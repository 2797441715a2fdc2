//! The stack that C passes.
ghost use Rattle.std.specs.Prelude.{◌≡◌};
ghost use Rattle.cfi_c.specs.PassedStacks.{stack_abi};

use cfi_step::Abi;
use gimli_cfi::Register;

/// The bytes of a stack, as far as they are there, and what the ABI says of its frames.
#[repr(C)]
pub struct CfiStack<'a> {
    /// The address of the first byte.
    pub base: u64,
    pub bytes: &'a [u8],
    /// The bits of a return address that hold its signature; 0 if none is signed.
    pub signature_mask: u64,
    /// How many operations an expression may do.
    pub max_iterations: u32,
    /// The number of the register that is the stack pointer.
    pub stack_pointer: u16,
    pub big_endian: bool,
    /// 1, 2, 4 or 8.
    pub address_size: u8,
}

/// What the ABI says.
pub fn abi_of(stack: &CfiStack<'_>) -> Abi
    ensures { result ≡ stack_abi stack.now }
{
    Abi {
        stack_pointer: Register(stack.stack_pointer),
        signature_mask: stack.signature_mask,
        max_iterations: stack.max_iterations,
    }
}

+ + + + +

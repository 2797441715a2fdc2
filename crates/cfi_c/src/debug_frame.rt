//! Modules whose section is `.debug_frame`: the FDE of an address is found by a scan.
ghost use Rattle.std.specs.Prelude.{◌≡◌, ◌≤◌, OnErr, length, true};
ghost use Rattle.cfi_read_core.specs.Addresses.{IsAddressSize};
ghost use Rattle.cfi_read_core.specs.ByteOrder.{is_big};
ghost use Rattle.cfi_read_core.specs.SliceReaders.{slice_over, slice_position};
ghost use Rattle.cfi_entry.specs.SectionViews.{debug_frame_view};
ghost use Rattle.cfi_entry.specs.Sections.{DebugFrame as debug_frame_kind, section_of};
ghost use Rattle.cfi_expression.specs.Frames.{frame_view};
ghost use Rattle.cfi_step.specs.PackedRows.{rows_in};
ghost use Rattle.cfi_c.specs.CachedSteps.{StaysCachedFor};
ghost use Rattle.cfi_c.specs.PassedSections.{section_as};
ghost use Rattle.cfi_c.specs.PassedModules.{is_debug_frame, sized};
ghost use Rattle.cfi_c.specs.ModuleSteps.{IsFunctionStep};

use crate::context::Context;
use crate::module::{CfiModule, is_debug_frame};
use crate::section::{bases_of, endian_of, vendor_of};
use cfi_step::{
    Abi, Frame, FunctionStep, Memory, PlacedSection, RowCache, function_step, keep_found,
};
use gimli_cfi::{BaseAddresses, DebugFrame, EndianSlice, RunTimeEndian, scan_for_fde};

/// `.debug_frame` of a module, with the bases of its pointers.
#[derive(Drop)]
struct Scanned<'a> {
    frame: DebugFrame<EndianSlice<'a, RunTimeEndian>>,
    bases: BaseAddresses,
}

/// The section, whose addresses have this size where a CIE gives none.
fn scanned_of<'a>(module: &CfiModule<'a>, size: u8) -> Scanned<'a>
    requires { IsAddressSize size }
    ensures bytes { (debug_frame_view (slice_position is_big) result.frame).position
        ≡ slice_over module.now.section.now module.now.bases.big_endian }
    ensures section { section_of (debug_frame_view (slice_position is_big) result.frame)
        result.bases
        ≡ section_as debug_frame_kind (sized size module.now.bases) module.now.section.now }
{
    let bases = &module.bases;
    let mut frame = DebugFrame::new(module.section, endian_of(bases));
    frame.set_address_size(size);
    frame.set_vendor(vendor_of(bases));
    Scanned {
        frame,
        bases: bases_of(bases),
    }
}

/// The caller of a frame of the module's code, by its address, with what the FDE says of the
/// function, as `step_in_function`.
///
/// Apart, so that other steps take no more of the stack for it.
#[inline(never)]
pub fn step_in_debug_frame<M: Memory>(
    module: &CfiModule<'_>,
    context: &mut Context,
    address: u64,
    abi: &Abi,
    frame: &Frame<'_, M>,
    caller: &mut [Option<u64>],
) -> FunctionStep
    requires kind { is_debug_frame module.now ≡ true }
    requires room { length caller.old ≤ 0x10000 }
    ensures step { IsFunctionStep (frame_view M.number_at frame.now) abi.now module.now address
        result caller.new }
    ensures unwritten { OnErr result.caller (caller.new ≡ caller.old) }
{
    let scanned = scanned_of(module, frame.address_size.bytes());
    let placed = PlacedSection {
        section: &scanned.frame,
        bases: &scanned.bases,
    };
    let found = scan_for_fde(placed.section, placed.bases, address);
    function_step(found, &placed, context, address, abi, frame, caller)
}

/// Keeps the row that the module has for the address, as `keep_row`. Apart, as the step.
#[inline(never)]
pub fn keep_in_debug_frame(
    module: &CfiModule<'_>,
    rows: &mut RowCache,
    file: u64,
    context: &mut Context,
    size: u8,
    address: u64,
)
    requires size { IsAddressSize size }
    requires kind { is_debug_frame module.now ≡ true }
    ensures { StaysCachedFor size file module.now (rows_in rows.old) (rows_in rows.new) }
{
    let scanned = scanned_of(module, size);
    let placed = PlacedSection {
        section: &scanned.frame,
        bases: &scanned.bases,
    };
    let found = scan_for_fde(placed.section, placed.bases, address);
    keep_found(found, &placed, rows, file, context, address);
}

+ + + + +

_WHAT THE TASK ASKS_
Identify the lines above with the word "Memory". Copy them.

_SOLUTION FOR THIS TASK_
    Abi, Frame, FunctionStep, Memory, PlacedSection, RowCache, function_step, keep_found,
pub fn step_in_debug_frame<M: Memory>(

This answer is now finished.